• _Directions for this task_
Within the records, how many lines hold the word "where"? State that number alone.

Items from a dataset
# # #

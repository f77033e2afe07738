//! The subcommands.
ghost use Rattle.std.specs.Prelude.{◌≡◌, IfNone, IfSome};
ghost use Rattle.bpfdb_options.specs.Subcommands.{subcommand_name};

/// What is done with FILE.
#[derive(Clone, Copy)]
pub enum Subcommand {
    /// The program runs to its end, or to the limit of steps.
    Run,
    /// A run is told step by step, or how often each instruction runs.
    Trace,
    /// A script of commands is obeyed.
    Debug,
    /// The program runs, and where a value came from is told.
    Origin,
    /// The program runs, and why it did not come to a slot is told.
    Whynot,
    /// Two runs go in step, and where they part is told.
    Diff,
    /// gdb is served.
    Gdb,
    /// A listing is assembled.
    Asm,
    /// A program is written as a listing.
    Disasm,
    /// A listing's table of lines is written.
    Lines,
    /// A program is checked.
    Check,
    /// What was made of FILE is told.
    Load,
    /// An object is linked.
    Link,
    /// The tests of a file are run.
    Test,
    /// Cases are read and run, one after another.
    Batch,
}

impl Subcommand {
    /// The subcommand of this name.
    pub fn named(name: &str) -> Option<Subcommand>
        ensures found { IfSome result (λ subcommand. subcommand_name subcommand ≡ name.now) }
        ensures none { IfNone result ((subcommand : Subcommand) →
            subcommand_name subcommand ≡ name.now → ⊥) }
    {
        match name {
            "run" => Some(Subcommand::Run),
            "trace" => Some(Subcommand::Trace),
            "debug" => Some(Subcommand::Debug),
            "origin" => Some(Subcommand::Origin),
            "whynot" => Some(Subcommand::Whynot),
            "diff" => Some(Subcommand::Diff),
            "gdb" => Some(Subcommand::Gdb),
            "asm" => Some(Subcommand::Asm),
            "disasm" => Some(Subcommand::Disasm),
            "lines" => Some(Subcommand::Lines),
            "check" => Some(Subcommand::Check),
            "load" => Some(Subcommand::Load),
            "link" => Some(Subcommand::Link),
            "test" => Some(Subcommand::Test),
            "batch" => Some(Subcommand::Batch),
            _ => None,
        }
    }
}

# # #

• _The answer_
2